Die Beklagte, deren Geschäftsführerin die Ehefrau des Streitverkündeten ist, betreibt einen Einzelhandel mit Babyartikeln. Der Streitverkündete ist bei der Beklagten seit August 1991 beschäftigt. Ihm steht für seine Tätigkeit ein monatliches Arbeitsentgelt von DM 600,00 brutto zu, das in den Monaten Mai und Juni 1992 ein monatliches Nettoentgelt von DM 397,59, in den Monaten Juli bis Oktober 1992 ein monatliches Nettoentgelt von DM 403,74 und in den Monaten November 1992 bis August 1993 ein solches von monatlich DM 399,54 ergab. Auf die Ablichtung der entsprechenden Abrechnungen (Blatt 117 bis 131 der Akten) wird wegen der Einzelheiten verwiesen. Der Streitverkündete bezieht jedenfalls seit Mai 1992 von der Berufsgenossenschaft der Feinmechanik und Elektrotechnik (im weiteren BG) eine monatliche Unfallrente in Höhe von DM 3.381,30. Er hat am 29.10.1991 die eidesstattliche Versicherung geleistet.
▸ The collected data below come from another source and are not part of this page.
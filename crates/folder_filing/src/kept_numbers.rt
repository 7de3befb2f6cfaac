//! The numbers in the file of numbers, and the system calls that bring them to the disk.
ghost use Rattle.std.specs.Prelude.{◌≡◌, [], ◌∷◌, ◌⊎◌, OnOk, true, false};
ghost use Rattle.folder_filing.specs.declared.kept_numbers.NumbersCall.TheVariants as seen;

use crate::numbers::Numbers;
use element::history::History;
use std::fs::OpenFile;
use std::marker::Model;
use std::rt::Files;
use std::{fs, io};

/// A recorded system call that replaces the file of numbers.
#[derive(Clone, Copy)]
pub enum NumbersCall {
    /// The new file was synced, with its line.
    Written,
    /// The new file was renamed to the path of the file of numbers.
    Renamed,
    /// The folder of the file was synced.
    Synced,
}

/// The list of system calls that replace the file of numbers, the newest first. It is a ghost
/// value: contracts can name it, the program cannot read it.
#[derive(Drop)]
pub(crate) struct NumbersCalls {
    /// The calls, the oldest first.
    history: History<NumbersCall>,
}

impl Model for NumbersCalls {
    ghost use Rattle.std.specs.Prelude.{List, reverse};
    ghost use Rattle.folder_filing.specs.declared.kept_numbers.NumbersCall.{NumbersCall as SeenCall};

    ghost Value = { List SeenCall };

    ghost view = { λ c. reverse c.history };
}

impl NumbersCalls {
    /// Creates an empty list of calls.
    pub(crate) fn new() -> NumbersCalls
        ensures { result ≡ [] }
    {
        NumbersCalls {
            history: History::new(),
        }
    }

    fn push(&mut self, call: &NumbersCall)
        ensures { self.new ≡ call.now ∷ self.old }
    {
        self.history.push(call);
    }

    /// Syncs the new file to the disk.
    pub(crate) fn sync_file<F: OpenFile>(&mut self, file: &F) -> io::Result<()>
        ensures { OnOk result (self.new ≡ seen.Written ∷ self.old) }
    {
        file.sync_all()?;
        self.push(&NumbersCall::Written);
        Ok(())
    }

    /// Renames the new file to the path of the file of numbers.
    pub(crate) fn rename<R: Files>(&mut self, rt: &R, from: &str, to: &str) -> io::Result<()>
        ensures { OnOk result (self.new ≡ seen.Renamed ∷ self.old) }
    {
        fs::rename(rt, from, to)?;
        self.push(&NumbersCall::Renamed);
        Ok(())
    }

    /// Syncs the folder of the file to the disk.
    pub(crate) fn sync_folder<R: Files>(&mut self, rt: &R, path: &str) -> io::Result<()>
        ensures { OnOk result (self.new ≡ seen.Synced ∷ self.old) }
    {
        fs::open(rt, path)?.sync_all()?;
        self.push(&NumbersCall::Synced);
        Ok(())
    }
}

/// The numbers in the file of numbers, and whether they are known to be on the disk: only
/// [`KeptNumbers::on_disk`] makes such ones.
#[derive(Clone, Copy)]
pub(crate) struct KeptNumbers {
    numbers: Numbers,
    is_on_disk: bool,
}

impl KeptNumbers {
    ghost use Rattle.folder_filing.specs.Numbers.{Keeps};

    /// Returns numbers that the file has, but which a loss of power may take from it.
    pub(crate) fn found(numbers: Numbers) -> KeptNumbers
        ensures { result ≡ record { numbers = numbers; is_on_disk = false } }
    {
        KeptNumbers {
            numbers,
            is_on_disk: false,
        }
    }

    /// Returns the numbers of a file that was synced with them, renamed to its path, and synced with
    /// its folder, by these system calls.
    pub(crate) fn on_disk(numbers: Numbers, _calls: &NumbersCalls) -> KeptNumbers
        requires { _calls.now ≡ seen.Synced ∷ seen.Renamed ∷ seen.Written ∷ [] }
        ensures { result ≡ record { numbers = numbers; is_on_disk = true } }
    {
        KeptNumbers {
            numbers,
            is_on_disk: true,
        }
    }

    pub(crate) fn numbers(self) -> Numbers
        ensures { result ≡ self.numbers }
    {
        self.numbers
    }

    pub(crate) fn is_on_disk(self) -> bool
        ensures { result ≡ self.is_on_disk }
    {
        self.is_on_disk
    }

    /// Returns the numbers of the file after another filing of the folder may have written it.
    pub(crate) fn later(self, other: KeptNumbers) -> KeptNumbers
        ensures keeps { Keeps self.numbers result.numbers }
        ensures other { Keeps other.numbers result.numbers }
        ensures on_disk { result.is_on_disk ≡ true → (result ≡ self) ⊎ (result ≡ other) }
    {
        let numbers = self.numbers.max(other.numbers);
        if numbers == other.numbers {
            return other;
        }
        if numbers == self.numbers {
            return self;
        }
        KeptNumbers::found(numbers)
    }
}
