//! Decides which stores that were not filed have lines of their own.
use crate::asked::Reply;
use crate::event::{Value, known};
use crate::events::MORE_NOT_STORED;
use crate::journal::Journal;
use crate::line_limits::{Limited, LineLimit};
use crate::state::State;
use folder_filing::StoredFile;
use log::{Level, Log};
use std::rt::Files;
use std::time::Clock;

/// How many lines about single stores an association has in a minute.
const MOST_LINES: u64 = 10;

/// The duration of the minute, in seconds.
const MINUTE: u64 = 60;

impl<R: Log + Clock, S: Files + Alloc + Clone + Drop> Journal<'_, R, S>
where
    S::File: StoredFile,
{
    /// Logs how many stores had no line of their own, if any, and starts a new minute.
    pub(crate) fn report_omitted(&self, state: &mut State) {
        let count = state.lines.omitted;
        state.lines = LineLimit::new();
        let Some(reply) = state.last_omitted.take() else {
            return;
        };
        if self.has_lines(state, Level::Warn) {
            let (status, fault, tag) = reply.values();
            self.logger.report(
                MORE_NOT_STORED,
                &[
                    Value::Number(count),
                    status,
                    fault,
                    tag,
                    known(&state.calling),
                ],
            );
        }
    }

    /// Logs how many stores had no line of their own in the last minute, if it is over.
    pub(crate) fn report_minute(&self, state: &mut State) {
        if state.lines.omitted == 0 {
            return;
        }
        if self
            .logger
            .now()
            .is_some_and(|now| state.lines.is_over(now, MINUTE))
        {
            self.report_omitted(state);
        }
    }

    /// Returns whether a store that was not filed has a line of its own; if not, it is counted. The
    /// associations that stored nothing share a rate limit.
    pub(crate) fn has_line(&self, state: &mut State, reply: Reply) -> bool {
        let now = self.logger.now();
        if now.is_some_and(|now| state.lines.is_over(now, MINUTE)) {
            self.report_omitted(state);
        }
        let is_due = self.has_lines(state, Level::Warn)
            && (state.counts.stored > 0 || self.logger.admits(Limited::Store));
        let most = if is_due { MOST_LINES } else { 0 };
        state.admit(now, most, reply)
    }
}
Aus einem Vergleich, den sie am 11.10.1991 vor dem Oberlandesgericht … geschlossen haben, steht der Klägerin gegen den Streitverkündeten eine Forderung von DM 10.000,00 nebst 9,5 % Zinsen seit 09.02.1991 zu. Auf die Ablichtung Blatt 5 bis 7 der Akten wird insoweit verwiesen. Wegen einer Forderung von DM 10.960,56 zuzüglich früherer Vollstreckungskosten von DM 1.290,32 ließ die Klägerin durch Beschluß ...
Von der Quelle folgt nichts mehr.